Machine learning use case - Anomaly Detection

Hi Everyone,

I'm currently developing and testing a Machine Learning-based use case in Elastic for anomaly detection. I've cloned and configured the ML job "auth_rare_hour_for_a_user", which is designed to detect user logins at unusual hours. The job is active and appears to be functioning correctly, with all relevant log sources added to the data feed.

In Kibana, I’ve also configured a "Security Alert rule" using this ML job. The rule is set up as follows:

Rule Name: "auth_rare_hour_for_a_user"
Description: Detects user logins at times that are unusual for the user, which may indicate credentialed access via a compromised account or unauthorized activity during non-business hours.

To test the setup, I performed several login activities during off-hours that should be considered anomalous. However, no alerts have been triggered so far.

Could anyone advise if I might be missing a step or configuration detail for ML-based detection rules like this? Are there specific thresholds, lookback periods, or job configurations I should double-check?

Any insights or suggestions would be greatly appreciated.

Thanks in advance!

Thanks for reaching out, @sunith. I have a few follow-up questions here:

  • What version of Elastic are you using?
  • Could you provide more information about how this alert is configured? Attaching a picture of the configuration could also be helpful.

Best,

Jessica

Thanks for the reply @jessgarson

Elastic version 8.18.3

Screenshot of the ML rule and associated job

Thanks for following up, @sunith. One thing that has tripped me up with anomaly detection in the past is that it requires a sufficient amount of baseline data (typically 2-4 weeks) to establish standard patterns before detecting anomalies reliably. Could this be what's happening here?

Thanks for the reply. Yes, for baseline data I gave 1 month of data to this job.
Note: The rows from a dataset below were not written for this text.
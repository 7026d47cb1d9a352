//! The edges of clocks, and the times at which a flip-flop shows what it read at an edge.
//!
//! A [`Clock`] has an edge at `first`, and one a period after each edge. A flip-flop with a delay reads its pin at the edge
//! `e` and shows the value from `e + delay` on, until the next edge is shown. Before its first shown edge it has its
//! initial value. [`last_edge`] gives the edge that is shown at a time, and [`flop_span`] the times at which it is shown.
//!
//! Every call takes constant time and does not allocate.
//!
//! ```
//! let clock = Clock { first: 10, period: 10 };
//! let edge = last_edge(&clock, 1, 25); // Some(20)
//! let times = flop_span(&clock, 1, 25, 31); // 21 to 31
//! ```

ghost use Rattle.std.specs.Prelude.{◌≡◌, ◌≤◌, ◌<◌, Some, MatchOption};
ghost use Rattle.valid_intervals.specs.Spans.{IsIn};
ghost use Rattle.circuit_meaning.specs.Edges as edges;
ghost use Rattle.circuit_meaning.specs.Edges.{IsClock, IsLastEdge, ShowsNone, EdgesAreLast};

use valid_intervals::Span;

/// A clock with edges at `first`, `first + period`, `first + 2 * period` and so on. `first` is at most 1,000,000, and
/// `period` is from 1 to 1,000,000.
#[derive(Clone, Copy, Debug, PartialEq, Eq)]
pub struct Clock {
    pub first: u32,
    pub period: u32,
}

/// The last edge that a flip-flop with this delay shows at `t`.
#[tactic(auto, unfolding(crate::specs::Edges::last_edge))]
pub fn last_edge(clock: &Clock, delay: u32, t: u32) -> Option<u32>
    requires clock { IsClock clock.now }
    requires delay { (1 ≤ delay) × (delay ≤ 1000000) }
    requires time { t ≤ 1000000 }
    ensures edge { result ≡ edges.last_edge clock.now delay t }
    ensures last { MatchOption result (ShowsNone clock.now delay t) (IsLastEdge clock.now delay t) }
{
    let shown = clock.first + delay;
    if t < shown {
        None
    } else {
        Some(clock.first + (t - shown) / clock.period * clock.period)
    }
}

/// The times around `t`, below `cut`, at which a flip-flop with this delay shows the same edge as at `t`, or none as at
/// `t`.
pub fn flop_span(clock: &Clock, delay: u32, t: u32, cut: u32) -> Span
    requires clock { IsClock clock.now }
    requires delay { (1 ≤ delay) × (delay ≤ 1000000) }
    requires time { t < cut }
    requires cut { cut ≤ 1000001 }
    ensures span { result ≡ edges.flop_span cut delay (Some clock.now)
        (edges.last_edge clock.now delay t) }
    ensures inside { IsIn result t }
{
    match last_edge(clock, delay, t) {
        None => Span::new(0, (clock.first + delay).min(cut)).unwrap(),
        Some(edge) => {
            let start = edge + delay;
            Span::new(start, (start + clock.period).min(cut)).unwrap()
        }
    }
}

/// A law, for proofs; the function does nothing. For every clock and every time, the shown edge is the greatest one whose
/// delay has passed.
pub fn edges_are_last()
    ensures { EdgesAreLast }
{}
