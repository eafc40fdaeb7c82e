//! Why there is no patch.

ghost use Rattle.std.specs.Prelude.{◌≡◌};
ghost use Rattle.json_diff_text.specs.Faults.{as_first, as_from, as_then, as_to};

use json_text::TextFault;
use std::alloc::AllocError;
use thiserror::Error;

/// Why there is no patch between two texts.
#[derive(Debug, Drop, Error)]
pub enum DiffTextFault {
    /// The first text isn't read.
    #[error("from: {0}")]
    From(TextFault),
    /// The second text isn't read.
    #[error("to: {0}")]
    To(TextFault),
    /// No memory was found.
    #[error("out of memory")]
    Memory(AllocError),
}

impl From<AllocError> for DiffTextFault {
    ghost use Rattle.std.specs.Prelude.{◌≡◌};
    ghost use Rattle.json_diff_text.specs.declared.fault.DiffTextFault.TheVariants.{Memory};

    ghost from_gives = { λ error fault. fault ≡ Memory error };

    fn from(error: AllocError) -> DiffTextFault {
        DiffTextFault::Memory(error)
    }
}

/// The fault where the first text isn't read.
pub(crate) fn from_fault(fault: TextFault) -> DiffTextFault
    ensures { result ≡ as_from fault }
{
    match fault {
        TextFault::Memory(failed) => DiffTextFault::Memory(failed),
        TextFault::NotJson => DiffTextFault::From(TextFault::NotJson),
        TextFault::TooDeep => DiffTextFault::From(TextFault::TooDeep),
    }
}

/// The fault where the second text isn't read.
pub(crate) fn to_fault(fault: TextFault) -> DiffTextFault
    ensures { result ≡ as_to fault }
{
    match fault {
        TextFault::Memory(failed) => DiffTextFault::Memory(failed),
        TextFault::NotJson => DiffTextFault::To(TextFault::NotJson),
        TextFault::TooDeep => DiffTextFault::To(TextFault::TooDeep),
    }
}

/// Why there is no merge patch of two.
#[derive(Debug, Drop, Error)]
pub enum BothTextFault {
    /// The text of the first merge patch isn't read.
    #[error("first: {0}")]
    First(TextFault),
    /// The text of the second merge patch isn't read.
    #[error("then: {0}")]
    Then(TextFault),
    /// No memory was found.
    #[error("out of memory")]
    Memory(AllocError),
}

impl From<AllocError> for BothTextFault {
    ghost use Rattle.std.specs.Prelude.{◌≡◌};
    ghost use Rattle.json_diff_text.specs.declared.fault.BothTextFault.TheVariants.{Memory};

    ghost from_gives = { λ error fault. fault ≡ Memory error };

    fn from(error: AllocError) -> BothTextFault {
        BothTextFault::Memory(error)
    }
}

/// The fault where the first merge patch isn't read.
pub(crate) fn first_fault(fault: TextFault) -> BothTextFault
    ensures { result ≡ as_first fault }
{
    match fault {
        TextFault::Memory(failed) => BothTextFault::Memory(failed),
        TextFault::NotJson => BothTextFault::First(TextFault::NotJson),
        TextFault::TooDeep => BothTextFault::First(TextFault::TooDeep),
    }
}

/// The fault where the second isn't read.
pub(crate) fn then_fault(fault: TextFault) -> BothTextFault
    ensures { result ≡ as_then fault }
{
    match fault {
        TextFault::Memory(failed) => BothTextFault::Memory(failed),
        TextFault::NotJson => BothTextFault::Then(TextFault::NotJson),
        TextFault::TooDeep => BothTextFault::Then(TextFault::TooDeep),
    }
}
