//! The patch between two texts, with moves.

ghost use Rattle.std.specs.Prelude.{◌↔◌, ◌≤◌, [], IfErr, IfOk, max};
ghost use Rattle.std.specs.String.{string_bytes};
ghost use Rattle.json.specs.Json.{max_depth};
ghost use Rattle.json_lexemes.specs.Skipped.{nesting};
ghost use Rattle.json_diff_text.specs.Differences.{IsDiffTextFault, IsFewBetween, IsMovingPatch, SaySame};
ghost use Rattle.json_patch_text.specs.Patched.{AcceptsPatch};
ghost use Rattle.json_patch_text.specs.Operations.{SaysOperations};
ghost use Rattle.json_patch_text.specs.Shallow.{IsNeverTooDeep};

use crate::comparing::difference;
use crate::fault::DiffTextFault;
use std::alloc::Global;

/// The patch of [`diff_text`](crate::diff_text), with a `move` where it removes a value at one place and
/// adds an equal one at another, as `json_patch_moves::moving_diff` makes it: of a member that got another
/// name or stands in another object, and of an element that stands elsewhere.
///
/// ```rust
/// let patch = moving_diff_text(alloc, r#"{"draft": [1.50, 2]}"#, r#"{"title": [1.5, 2]}"#)?;
/// // [{"from":"/draft","op":"move","path":"/title"}]
/// ```
///
/// A value that is moved stays written as it is in the first text. The patch is tried on this text: where
/// one on the way would nest deeper than both, the patch is that of `diff_text`.
pub fn moving_diff_text(alloc: Global, from: &str, to: &str) -> Result<String, DiffTextFault>
    ensures leads { IfOk result (λ patch. AcceptsPatch from.now (string_bytes patch) to.now) }
    ensures moving { IfOk result (λ patch. IsMovingPatch (string_bytes patch)) }
    ensures nothing { IfOk result
        (λ patch. SaysOperations (string_bytes patch) [] ↔ SaySame from.now to.now) }
    ensures few { IfOk result (λ patch. IsFewBetween from.now to.now (string_bytes patch)) }
    ensures readable { IfOk result (λ patch. nesting (string_bytes patch) ≤ max_depth) }
    ensures never { IfOk result (λ patch. IsNeverTooDeep (max (nesting from.now) (nesting to.now))
        from.now (string_bytes patch)) }
    ensures fault { IfErr result (IsDiffTextFault from.now to.now) }
{
    difference(alloc, from, to, true)
}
Thanks for following up, @sunith. As a next step, please verify that the bucket span is appropriate for your use case (typically 15 minutes to 1 hour for login patterns).

It is also important that the baseline includes many examples of "normal" login times for the particular user you are testing. You should have dozens or even hundreds of "normal" examples of logins for that user before you attempt to inject an "anomalous" one.

If there aren't many (or worst case, ANY) examples of "normal" login times for that user your are testing, then the login events you inject in testing won't have enough to contrast against to determine unusualness.